YOUR OBJECTIVE => Below are the records. Retype exactly the lines between the lines holding "value. Nothing is" and "engine.new ≡ engine.old", inclusive.

MATERIAL FOR THE TASK =>
::::::::::

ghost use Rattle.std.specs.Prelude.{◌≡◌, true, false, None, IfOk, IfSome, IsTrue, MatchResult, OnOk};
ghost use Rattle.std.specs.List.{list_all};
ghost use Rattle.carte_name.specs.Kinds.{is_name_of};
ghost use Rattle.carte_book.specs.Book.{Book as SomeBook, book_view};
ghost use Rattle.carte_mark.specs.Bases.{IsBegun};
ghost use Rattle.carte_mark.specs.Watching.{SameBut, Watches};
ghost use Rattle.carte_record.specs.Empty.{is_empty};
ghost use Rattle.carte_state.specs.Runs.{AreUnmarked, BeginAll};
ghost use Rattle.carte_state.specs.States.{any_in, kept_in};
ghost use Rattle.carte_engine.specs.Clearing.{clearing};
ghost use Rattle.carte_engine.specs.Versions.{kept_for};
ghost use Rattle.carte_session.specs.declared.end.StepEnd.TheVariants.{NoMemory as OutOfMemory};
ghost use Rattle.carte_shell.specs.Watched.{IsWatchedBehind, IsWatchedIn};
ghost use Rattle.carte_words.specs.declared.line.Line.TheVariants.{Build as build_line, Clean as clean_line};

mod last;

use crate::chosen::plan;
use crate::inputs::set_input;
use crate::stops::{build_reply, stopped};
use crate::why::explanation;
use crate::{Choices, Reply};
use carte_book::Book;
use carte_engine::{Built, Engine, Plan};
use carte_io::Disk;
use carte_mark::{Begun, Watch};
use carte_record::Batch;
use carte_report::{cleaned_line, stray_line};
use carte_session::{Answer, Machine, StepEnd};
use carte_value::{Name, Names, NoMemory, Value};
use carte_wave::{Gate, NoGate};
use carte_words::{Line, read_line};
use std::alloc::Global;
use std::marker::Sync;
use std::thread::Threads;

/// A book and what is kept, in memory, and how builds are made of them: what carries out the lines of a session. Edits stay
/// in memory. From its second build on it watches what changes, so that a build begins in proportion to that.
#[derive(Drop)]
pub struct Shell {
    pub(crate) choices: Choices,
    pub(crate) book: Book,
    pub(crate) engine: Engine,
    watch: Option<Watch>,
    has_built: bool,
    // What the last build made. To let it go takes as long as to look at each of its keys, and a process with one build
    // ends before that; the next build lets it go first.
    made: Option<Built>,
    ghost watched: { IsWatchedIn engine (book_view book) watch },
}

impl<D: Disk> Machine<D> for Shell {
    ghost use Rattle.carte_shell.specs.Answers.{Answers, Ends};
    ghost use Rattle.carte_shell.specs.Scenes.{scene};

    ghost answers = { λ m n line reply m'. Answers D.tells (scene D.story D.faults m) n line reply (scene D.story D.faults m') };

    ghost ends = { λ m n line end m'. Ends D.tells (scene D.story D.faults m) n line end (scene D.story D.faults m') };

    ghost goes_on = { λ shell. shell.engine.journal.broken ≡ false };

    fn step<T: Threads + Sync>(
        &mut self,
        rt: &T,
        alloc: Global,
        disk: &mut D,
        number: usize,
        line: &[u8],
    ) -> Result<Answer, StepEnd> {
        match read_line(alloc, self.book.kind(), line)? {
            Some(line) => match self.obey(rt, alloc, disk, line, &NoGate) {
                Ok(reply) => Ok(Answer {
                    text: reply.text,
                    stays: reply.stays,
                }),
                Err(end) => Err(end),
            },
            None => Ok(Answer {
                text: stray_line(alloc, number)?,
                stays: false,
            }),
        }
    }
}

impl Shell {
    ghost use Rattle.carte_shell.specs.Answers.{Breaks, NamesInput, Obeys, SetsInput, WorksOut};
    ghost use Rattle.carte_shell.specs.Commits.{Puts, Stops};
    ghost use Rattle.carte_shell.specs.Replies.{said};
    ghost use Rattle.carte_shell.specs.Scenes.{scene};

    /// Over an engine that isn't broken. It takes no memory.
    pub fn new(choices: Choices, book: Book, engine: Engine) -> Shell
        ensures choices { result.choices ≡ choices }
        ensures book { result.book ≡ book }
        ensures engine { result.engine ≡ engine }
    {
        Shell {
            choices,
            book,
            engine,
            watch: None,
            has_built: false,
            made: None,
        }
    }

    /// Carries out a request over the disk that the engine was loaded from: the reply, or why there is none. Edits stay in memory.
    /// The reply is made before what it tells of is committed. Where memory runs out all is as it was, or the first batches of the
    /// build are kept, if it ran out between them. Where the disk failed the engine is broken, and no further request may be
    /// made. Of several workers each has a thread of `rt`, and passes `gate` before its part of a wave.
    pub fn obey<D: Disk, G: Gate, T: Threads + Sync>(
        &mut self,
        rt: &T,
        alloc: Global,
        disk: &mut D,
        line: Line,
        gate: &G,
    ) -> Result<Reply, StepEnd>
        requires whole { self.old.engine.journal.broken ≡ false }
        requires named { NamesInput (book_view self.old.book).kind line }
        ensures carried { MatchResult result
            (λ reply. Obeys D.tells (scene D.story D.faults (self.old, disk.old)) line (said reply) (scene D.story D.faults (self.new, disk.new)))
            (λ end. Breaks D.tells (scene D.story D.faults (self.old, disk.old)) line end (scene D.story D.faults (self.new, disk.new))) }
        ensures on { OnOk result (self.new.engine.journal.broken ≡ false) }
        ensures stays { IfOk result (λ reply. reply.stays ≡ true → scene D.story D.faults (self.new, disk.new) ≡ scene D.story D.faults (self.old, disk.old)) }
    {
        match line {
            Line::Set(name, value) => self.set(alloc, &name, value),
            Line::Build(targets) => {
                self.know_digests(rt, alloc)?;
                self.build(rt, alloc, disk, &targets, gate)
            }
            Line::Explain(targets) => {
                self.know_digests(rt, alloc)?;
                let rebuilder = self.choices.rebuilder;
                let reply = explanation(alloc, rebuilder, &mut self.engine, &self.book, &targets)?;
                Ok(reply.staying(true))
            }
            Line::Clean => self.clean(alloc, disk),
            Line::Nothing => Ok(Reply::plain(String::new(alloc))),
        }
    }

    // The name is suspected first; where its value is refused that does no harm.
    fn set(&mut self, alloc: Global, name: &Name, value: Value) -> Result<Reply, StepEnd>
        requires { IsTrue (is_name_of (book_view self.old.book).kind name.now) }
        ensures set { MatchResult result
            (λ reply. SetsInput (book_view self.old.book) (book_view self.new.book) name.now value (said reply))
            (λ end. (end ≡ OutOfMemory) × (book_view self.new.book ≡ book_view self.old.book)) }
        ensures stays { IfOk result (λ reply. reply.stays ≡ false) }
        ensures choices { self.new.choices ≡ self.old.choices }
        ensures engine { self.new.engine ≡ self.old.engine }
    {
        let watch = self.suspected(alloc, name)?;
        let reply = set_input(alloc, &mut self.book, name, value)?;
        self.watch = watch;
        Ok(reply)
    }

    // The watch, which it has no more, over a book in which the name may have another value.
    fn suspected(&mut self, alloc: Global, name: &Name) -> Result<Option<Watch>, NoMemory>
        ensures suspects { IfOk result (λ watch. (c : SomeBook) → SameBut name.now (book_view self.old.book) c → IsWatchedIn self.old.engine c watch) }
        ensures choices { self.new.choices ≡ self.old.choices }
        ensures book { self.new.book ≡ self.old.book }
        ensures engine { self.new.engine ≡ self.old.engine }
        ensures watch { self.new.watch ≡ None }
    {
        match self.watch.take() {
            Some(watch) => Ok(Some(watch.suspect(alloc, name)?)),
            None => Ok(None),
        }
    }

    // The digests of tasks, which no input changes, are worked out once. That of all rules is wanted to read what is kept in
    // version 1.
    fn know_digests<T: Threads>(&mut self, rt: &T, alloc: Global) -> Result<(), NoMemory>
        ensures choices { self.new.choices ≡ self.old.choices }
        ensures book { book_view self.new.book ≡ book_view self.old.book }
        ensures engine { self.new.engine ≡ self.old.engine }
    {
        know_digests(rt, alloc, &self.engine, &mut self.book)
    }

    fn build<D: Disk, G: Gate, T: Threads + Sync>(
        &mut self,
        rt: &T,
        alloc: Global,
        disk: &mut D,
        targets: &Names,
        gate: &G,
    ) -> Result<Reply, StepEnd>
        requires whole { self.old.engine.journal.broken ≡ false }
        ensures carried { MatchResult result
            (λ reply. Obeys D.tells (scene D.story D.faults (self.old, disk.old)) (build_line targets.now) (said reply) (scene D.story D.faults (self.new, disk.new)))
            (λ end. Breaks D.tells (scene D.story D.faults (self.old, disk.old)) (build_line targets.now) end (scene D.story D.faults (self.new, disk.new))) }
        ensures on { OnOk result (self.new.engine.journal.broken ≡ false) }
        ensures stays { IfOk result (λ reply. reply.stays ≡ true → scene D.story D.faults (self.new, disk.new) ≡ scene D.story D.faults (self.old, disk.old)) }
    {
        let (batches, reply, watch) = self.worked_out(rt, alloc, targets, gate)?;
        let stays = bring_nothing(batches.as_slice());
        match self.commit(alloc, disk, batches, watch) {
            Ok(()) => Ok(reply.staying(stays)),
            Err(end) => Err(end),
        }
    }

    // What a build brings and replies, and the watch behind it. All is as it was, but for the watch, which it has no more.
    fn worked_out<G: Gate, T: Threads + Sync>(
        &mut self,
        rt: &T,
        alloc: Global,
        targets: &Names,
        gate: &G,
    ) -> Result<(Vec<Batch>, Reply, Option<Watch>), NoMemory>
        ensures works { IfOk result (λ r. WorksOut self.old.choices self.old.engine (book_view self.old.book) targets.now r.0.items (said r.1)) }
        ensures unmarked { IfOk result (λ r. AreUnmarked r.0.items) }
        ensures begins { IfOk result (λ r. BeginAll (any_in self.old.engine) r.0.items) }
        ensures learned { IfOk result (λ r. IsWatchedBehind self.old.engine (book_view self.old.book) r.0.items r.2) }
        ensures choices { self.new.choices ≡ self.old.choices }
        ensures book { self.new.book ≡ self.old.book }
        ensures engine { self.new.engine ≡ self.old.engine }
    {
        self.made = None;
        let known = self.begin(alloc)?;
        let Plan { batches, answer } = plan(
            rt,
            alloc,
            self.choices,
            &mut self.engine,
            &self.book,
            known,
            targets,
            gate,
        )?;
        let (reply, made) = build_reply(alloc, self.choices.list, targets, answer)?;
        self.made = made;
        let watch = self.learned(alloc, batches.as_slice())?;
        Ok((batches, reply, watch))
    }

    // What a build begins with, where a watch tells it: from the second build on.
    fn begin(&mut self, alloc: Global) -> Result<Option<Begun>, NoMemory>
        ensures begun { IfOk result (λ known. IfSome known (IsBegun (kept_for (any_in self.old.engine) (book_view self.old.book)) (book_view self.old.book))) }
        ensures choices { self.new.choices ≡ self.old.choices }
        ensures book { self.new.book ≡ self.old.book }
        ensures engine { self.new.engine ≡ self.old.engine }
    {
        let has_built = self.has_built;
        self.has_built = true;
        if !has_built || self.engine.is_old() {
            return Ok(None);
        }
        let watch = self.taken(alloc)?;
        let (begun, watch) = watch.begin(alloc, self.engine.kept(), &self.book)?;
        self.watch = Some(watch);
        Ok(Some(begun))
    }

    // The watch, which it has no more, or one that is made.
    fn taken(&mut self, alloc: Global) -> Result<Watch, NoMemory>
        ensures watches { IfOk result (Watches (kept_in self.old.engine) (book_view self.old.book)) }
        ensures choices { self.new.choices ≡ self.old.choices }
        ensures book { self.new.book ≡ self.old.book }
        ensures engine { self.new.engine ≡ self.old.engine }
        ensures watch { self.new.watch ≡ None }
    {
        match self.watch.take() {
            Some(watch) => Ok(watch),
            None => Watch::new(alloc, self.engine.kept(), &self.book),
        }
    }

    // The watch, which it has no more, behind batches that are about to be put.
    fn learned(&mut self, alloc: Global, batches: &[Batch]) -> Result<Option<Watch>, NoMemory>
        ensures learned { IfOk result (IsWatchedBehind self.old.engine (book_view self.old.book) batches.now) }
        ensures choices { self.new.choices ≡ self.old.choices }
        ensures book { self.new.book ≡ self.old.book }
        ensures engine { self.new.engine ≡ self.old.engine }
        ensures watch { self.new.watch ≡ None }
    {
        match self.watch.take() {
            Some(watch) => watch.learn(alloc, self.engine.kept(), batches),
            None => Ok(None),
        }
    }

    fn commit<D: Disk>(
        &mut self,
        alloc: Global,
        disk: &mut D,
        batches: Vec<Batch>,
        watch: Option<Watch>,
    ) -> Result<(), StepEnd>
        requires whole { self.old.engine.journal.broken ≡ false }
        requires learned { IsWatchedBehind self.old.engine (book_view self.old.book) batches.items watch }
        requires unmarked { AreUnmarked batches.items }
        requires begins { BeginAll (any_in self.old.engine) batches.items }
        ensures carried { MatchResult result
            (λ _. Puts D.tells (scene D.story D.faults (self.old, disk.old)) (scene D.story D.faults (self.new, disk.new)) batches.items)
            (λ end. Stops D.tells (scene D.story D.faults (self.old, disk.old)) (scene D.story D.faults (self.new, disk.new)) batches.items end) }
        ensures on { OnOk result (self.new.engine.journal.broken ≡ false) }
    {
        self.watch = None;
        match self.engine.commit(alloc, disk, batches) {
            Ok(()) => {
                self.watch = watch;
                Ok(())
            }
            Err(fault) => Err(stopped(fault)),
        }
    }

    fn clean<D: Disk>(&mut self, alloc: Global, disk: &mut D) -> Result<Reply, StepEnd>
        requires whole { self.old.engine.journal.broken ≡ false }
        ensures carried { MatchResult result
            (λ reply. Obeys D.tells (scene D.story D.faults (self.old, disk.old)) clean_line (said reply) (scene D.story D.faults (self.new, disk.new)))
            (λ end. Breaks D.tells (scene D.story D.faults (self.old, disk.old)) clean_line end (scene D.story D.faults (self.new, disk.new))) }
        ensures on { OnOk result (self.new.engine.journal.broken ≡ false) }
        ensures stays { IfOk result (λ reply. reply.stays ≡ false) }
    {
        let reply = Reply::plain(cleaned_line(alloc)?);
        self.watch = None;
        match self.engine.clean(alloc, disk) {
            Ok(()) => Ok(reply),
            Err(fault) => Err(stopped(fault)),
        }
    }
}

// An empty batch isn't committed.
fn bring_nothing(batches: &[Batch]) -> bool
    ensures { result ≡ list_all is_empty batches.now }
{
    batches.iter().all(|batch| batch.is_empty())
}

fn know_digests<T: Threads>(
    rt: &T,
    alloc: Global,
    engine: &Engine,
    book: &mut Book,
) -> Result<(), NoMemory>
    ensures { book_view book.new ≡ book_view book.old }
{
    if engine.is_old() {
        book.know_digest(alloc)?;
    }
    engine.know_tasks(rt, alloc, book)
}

::::::::::

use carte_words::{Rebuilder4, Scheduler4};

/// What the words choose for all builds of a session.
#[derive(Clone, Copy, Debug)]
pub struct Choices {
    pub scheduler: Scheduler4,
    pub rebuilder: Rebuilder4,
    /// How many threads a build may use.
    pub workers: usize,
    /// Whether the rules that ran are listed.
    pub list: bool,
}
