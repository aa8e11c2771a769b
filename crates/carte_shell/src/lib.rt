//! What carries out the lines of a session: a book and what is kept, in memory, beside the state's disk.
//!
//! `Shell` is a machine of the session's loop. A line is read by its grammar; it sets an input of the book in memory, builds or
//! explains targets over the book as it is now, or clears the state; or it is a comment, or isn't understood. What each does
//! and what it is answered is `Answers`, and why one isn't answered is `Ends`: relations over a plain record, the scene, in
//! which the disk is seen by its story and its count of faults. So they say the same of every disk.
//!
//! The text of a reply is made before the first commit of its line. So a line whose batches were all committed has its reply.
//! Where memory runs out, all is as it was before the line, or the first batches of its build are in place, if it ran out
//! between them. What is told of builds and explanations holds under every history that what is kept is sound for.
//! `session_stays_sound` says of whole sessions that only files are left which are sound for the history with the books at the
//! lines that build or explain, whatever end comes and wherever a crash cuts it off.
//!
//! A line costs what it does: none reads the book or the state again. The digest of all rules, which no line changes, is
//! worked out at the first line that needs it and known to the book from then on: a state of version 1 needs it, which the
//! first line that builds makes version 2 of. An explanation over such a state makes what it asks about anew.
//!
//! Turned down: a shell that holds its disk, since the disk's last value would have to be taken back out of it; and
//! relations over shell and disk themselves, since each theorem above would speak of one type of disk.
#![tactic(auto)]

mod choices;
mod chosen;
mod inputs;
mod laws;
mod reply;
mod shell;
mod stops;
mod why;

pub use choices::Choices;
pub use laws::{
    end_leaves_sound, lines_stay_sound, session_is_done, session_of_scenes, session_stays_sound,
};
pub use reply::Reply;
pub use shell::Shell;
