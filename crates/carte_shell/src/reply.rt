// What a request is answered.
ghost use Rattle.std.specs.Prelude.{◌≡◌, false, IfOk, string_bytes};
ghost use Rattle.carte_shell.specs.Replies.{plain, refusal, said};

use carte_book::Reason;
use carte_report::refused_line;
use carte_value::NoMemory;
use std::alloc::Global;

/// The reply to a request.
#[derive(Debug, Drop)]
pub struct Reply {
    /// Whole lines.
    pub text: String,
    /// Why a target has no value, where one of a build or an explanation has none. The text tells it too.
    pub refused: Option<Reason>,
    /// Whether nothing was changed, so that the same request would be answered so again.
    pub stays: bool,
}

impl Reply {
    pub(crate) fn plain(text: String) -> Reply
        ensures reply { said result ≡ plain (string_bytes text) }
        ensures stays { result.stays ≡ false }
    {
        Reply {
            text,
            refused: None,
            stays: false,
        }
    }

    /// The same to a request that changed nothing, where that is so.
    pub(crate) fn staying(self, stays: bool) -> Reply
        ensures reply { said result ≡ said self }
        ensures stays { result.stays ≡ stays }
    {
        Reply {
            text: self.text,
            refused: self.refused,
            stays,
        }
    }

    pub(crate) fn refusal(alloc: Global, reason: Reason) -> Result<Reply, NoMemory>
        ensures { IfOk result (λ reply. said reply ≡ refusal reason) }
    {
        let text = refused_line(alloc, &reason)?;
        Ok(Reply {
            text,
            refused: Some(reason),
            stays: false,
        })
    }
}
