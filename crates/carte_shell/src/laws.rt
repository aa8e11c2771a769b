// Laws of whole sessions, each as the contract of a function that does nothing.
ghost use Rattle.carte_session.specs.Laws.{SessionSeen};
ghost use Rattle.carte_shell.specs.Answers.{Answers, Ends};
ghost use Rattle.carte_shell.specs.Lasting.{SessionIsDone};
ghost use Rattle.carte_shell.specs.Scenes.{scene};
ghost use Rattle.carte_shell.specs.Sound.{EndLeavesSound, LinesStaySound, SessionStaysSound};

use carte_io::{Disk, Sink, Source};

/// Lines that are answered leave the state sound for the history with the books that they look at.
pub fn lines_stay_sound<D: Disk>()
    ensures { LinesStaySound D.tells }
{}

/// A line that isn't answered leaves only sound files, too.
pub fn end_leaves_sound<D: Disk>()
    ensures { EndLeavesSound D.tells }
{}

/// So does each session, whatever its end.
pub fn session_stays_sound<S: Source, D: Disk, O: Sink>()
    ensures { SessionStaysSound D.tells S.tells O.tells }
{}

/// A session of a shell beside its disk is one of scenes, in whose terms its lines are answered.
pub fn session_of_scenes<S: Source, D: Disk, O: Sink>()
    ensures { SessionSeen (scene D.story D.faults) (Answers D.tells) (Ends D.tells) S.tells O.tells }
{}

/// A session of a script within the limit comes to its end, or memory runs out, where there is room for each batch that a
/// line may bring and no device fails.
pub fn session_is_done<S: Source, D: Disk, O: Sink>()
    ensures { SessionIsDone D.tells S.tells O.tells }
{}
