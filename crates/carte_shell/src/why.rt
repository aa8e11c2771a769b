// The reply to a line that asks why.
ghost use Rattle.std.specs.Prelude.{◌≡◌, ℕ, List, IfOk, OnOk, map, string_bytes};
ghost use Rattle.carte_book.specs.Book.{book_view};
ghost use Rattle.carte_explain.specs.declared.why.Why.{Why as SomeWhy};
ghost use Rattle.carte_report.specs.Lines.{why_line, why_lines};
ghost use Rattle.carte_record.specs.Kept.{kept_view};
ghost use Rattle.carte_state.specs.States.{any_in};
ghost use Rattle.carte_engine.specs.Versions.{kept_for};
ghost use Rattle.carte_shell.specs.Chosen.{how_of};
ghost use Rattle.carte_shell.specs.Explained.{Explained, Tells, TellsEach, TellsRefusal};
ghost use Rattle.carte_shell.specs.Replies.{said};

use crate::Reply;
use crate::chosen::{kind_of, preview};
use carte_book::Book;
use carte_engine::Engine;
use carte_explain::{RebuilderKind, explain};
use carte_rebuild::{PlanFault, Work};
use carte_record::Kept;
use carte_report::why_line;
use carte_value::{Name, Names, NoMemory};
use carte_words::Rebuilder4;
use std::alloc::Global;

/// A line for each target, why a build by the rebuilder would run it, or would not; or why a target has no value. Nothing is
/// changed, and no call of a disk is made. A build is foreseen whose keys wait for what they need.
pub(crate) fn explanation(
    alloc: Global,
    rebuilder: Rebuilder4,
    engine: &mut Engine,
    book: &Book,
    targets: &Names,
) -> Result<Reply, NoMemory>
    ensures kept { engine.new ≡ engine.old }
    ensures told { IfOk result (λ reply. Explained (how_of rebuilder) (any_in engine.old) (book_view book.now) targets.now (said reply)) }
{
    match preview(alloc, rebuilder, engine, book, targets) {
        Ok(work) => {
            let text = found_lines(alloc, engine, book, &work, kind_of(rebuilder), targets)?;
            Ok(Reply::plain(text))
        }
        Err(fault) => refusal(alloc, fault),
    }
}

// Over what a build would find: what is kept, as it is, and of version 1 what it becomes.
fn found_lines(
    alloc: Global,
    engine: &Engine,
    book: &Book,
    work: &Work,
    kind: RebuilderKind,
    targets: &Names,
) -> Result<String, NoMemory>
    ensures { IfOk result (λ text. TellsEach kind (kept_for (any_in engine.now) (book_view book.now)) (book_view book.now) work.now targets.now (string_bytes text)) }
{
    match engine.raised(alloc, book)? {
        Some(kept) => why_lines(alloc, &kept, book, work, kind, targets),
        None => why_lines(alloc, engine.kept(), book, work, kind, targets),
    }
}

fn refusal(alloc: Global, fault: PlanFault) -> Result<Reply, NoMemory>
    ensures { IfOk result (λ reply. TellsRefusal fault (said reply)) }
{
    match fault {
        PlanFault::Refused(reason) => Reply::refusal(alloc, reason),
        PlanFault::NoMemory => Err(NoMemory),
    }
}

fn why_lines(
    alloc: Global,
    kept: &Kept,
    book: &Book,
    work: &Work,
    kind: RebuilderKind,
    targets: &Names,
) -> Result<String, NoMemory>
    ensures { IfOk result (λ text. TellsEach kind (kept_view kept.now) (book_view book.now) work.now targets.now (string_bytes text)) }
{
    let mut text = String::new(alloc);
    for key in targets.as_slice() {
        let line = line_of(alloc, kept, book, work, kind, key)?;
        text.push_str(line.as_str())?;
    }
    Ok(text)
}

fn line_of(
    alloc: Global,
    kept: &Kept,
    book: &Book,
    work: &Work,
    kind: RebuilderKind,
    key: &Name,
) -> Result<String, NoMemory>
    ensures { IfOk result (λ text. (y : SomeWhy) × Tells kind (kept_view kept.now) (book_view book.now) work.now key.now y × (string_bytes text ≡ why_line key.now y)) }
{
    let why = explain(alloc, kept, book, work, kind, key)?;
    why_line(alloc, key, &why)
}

::::::::::

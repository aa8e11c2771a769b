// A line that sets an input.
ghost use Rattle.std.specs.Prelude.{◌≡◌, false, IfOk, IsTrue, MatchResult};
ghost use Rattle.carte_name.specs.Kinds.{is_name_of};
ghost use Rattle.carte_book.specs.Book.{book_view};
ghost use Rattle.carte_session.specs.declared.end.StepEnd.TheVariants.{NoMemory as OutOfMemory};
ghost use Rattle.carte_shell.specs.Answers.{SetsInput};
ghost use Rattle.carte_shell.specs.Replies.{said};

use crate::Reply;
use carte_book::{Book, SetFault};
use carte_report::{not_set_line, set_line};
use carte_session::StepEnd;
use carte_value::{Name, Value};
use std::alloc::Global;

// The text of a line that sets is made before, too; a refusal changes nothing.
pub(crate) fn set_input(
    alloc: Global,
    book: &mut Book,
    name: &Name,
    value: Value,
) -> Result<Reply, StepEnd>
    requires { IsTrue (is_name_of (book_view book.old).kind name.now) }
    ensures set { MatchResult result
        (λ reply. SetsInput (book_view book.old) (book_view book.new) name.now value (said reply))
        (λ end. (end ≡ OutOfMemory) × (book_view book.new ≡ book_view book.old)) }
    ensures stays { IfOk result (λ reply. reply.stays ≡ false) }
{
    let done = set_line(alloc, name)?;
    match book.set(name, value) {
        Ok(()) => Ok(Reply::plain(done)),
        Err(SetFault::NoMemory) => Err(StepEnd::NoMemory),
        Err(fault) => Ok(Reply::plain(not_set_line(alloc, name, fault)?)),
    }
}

::::::::::

RESULT FOR THIS EXERCISE =>
/// A line for each target, why a build by the rebuilder would run it, or would not; or why a target has no value. Nothing is
/// changed, and no call of a disk is made. A build is foreseen whose keys wait for what they need.
pub(crate) fn explanation(
    alloc: Global,
    rebuilder: Rebuilder4,
    engine: &mut Engine,
    book: &Book,
    targets: &Names,
) -> Result<Reply, NoMemory>
    ensures kept { engine.new ≡ engine.old }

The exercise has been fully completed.